Evidence was received relevant to the financial status of the *453appellants. Although there is some dispute between the parties over the appellants’ net worth, it is obvious that they would not be financially ruined by the award even if we accept their contention that the net worth of Centex Corporation at the time of trial was only $28,142,188.

The appellants have pointed to nothing that was said or done by Judge Waters and we have found nothing that would indicate that he was biased or prejudiced against the appellants, and it does not appear that the award of punitive damages was given under the influence of passion or prejudice. As in the matter of an award of general compensatory damages, the mere fact that the punitive award is large is not conclusive that it is the result of passion or prejudice. Schatz v. Devitte, 75 Nev. 124, 335 P.2d 783 (1959); Wells, Inc. v. Shoemake, 64 Nev. 57, 177 P.2d 451 (1947); Burch v. Southern Pacific, 32 Nev. 75, 104 P. 225 (1909); Forrester v. S.P. Co., 36 Nev. 247, 134 P. 753 (1913); Christensen v. Floriston P. Co., 29 Nev. 552, 92 P. 210 (1907). Nonetheless, the trial court must reevaluate the amount of the punitive damages to be awarded not only in the light of any ultimate adjustment which may be made in the amount of general compensatory damages, but also in light of the order entered by Judge Wilkes in the case of Lyon County v. Nevada Cement Co., Lyon County No. 5132 (1970), which authorized the appellants to operate Kiln No. 2 for a period of six months without abatement.

This case is remanded to the trial court for a redetermination of general compensatory damages for discomfort and annoyance and for a redetermination of the amount of punitive damages. The redeterminations may be made on the record as it stands with whatever assistance the trial court desires from counsel for the parties. The judgment of $40,298.32 for special damages is affirmed.

Mowbray, Gunderson, and Zenoff, JJ., concur.
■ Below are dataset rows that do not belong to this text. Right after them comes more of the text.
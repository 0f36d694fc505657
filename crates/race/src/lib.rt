// The races of a scenario: the test of a message, a word of events at once.
#![tactic(auto)]

ghost use Rattle.std.specs.Prelude.{◌≡◌, cond, ◌+◌, ◌*◌, ◌<◌, ◌≤◌, eqb, length};
ghost use Rattle.model.specs.Limits.{channels, messages_most};
ghost use Rattle.model.specs.Race.{race_rule_of};
ghost use Rattle.relation.specs.Width.{width, word_bits};
ghost use Rattle.race.specs.Bridge.{rule_in};
ghost use Rattle.race.specs.Word.{OutsideWord, OnBoard, Within, BitsOn, RaceWord};

use at_or_before::reached_word;
use board::Scenario;
use relation::{SENDS, WIDTH, WORD_BITS};

// What must not be at or before e's send: the event itself, or its origin; on the lazy channels there are no races.
#[derive(Clone, Copy)]
pub enum Rule {
    ByEvent,
    ByOrigin,
    Never,
}

// The rules, by channel code.
const TABLE: [Rule; model::CHANNELS] = [
    Rule::ByEvent, // code 0, eager free-running
    Rule::Never, // code 1, lazy free-running
    Rule::ByOrigin, // code 2, eager FIFO
    Rule::Never, // code 3, lazy FIFO
    Rule::ByOrigin, // code 4, synchronous, eager
    Rule::ByOrigin, // code 5, token ring, eager
];

pub fn rule_of(code: usize) -> Rule
    requires { code < channels }
    ensures { rule_in result ≡ race_rule_of code }
{
    TABLE[code]
}

// Word w of the events that the rule does not find at or before e's send. By origin a receive is outside with its send.
fn outside_word(words: &[u64], rule: Rule, e: usize, w: usize) -> u64
    requires width_in_bounds { 2 * e * width + width ≤ length words.now }
    requires e_bound { (2 * e < word_bits * width) × (w < width) }
    ensures { OutsideWord words.now (rule_in rule) e w result }
{
    match rule {
        Rule::ByEvent => !reached_word(words, e, w),
        Rule::ByOrigin => {
            let sends = !reached_word(words, e, w) & SENDS;
            sends | (sends << 1)
        }
        Rule::Never => 0,
    }
}

// 1 where two boards are the same.
fn same(a: usize, b: usize) -> u64
    ensures { result ≡ cond (eqb a b) 1 0 }
{
    if a == b { 1 } else { 0 }
}

// The events from .. to - 1 that are on a board: bit b stands for event from + b.
fn on_board(boards: &[u8], board: usize, from: usize, to: usize) -> u64
    requires { to ≤ length boards.now }
    ensures { OnBoard boards.now board from to result }
{
    let mut on: u64 = 0;
    for x in (from..to).rev() {
        let one = same(board::board_of(boards, x), board);
        on = (on << 1) | one;
    }
    on
}

// A word without the bits of events after the last.
fn within(word: u64, w: usize, events: usize) -> u64
    requires { w < width }
    ensures { Within word w events result }
{
    let start = WORD_BITS * w;
    let end = start + WORD_BITS;
    if end <= events {
        return word;
    }
    if events <= start {
        return 0;
    }
    let few = events % WORD_BITS;
    word & ((1 << few) - 1)
}

// The bits of a word whose events are on a board. Of the boards only those from the lowest bit to the highest are looked at.
fn bits_on(word: u64, w: usize, boards: &[u8], events: usize, board: usize) -> u64
    requires { (w < width) × (word_bits * width ≤ length boards.now) }
    ensures { BitsOn word w boards.now events board result }
{
    let left = within(word, w, events);
    if left == 0 {
        return 0;
    }
    let lowest = left.trailing_zeros() as usize;
    let above = left.leading_zeros() as usize;
    let from = WORD_BITS * w + lowest;
    let to = WORD_BITS * w + WORD_BITS - above;
    let on = on_board(boards, board, from, to);
    left & (on << lowest)
}

// The races of message e in word w, where no masks were made. Nothing before e's receive stands outside unless e races: only then the boards are
// looked at.
pub fn race_word_unmasked(
    words: &[u64],
    boards: &[u8],
    count: usize,
    rule: Rule,
    e: usize,
    w: usize,
) -> u64
    requires width_in_bounds { (word_bits * width ≤ length boards.now) × (2 * count * width ≤ length words.now) }
    requires e_lt_count { (e < count) × (count ≤ messages_most) × (w < width) }
    ensures { RaceWord count boards.now words.now (rule_in rule) e w result }
{
    let receive = 2 * e + 1;
    let at = receive * WIDTH + w;
    let outside = outside_word(words, rule, e, w);
    let word = words[at] & outside;
    if word == 0 {
        return 0;
    }
    let own = board::board_of(boards, receive);
    bits_on(word, w, boards, 2 * count, own)
}

// The races of message e in word w: a bit is set exactly for each event there that races with e.
pub fn race_word(scenario: &Scenario, rule: Rule, e: usize, w: usize) -> u64
    requires { (e < scenario.now.count) × (w < width) }
    ensures { RaceWord scenario.now.count scenario.now.boards.now scenario.now.words.now (rule_in rule) e w result }
{
    let send = 2 * e;
    let receive = send + 1;
    let board = board::board_of(scenario.boards, receive);
    let before = receive * WIDTH + w;
    let on = board * WIDTH + w;
    let outside = outside_word(scenario.words, rule, e, w);
    scenario.words[before] & scenario.masks[on] & outside
}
NRS 42.010: “In an action for the breach of an obligation not arising from contract, where the defendant has been guilty of oppression, fraud or malice, expressed or implied, the plaintiff, in addition to the actual damages, may recover damages for the sake or example and by way of punishing the defendant.”

In his conclusions of law, Judge Waters said:

“6. That continuing to operate Kiln Number 2 without secondary filtration for a period of 19 months with full knowledge that for each barrel of cement produced, 9 lbs. of cement dust would be spewed out into the atmosphere over the neighbors of defendants, constitutes oppression.

“7. That such acts were done with wanton disregard for the rights and properties of others and constitutes legal malice and express malice.”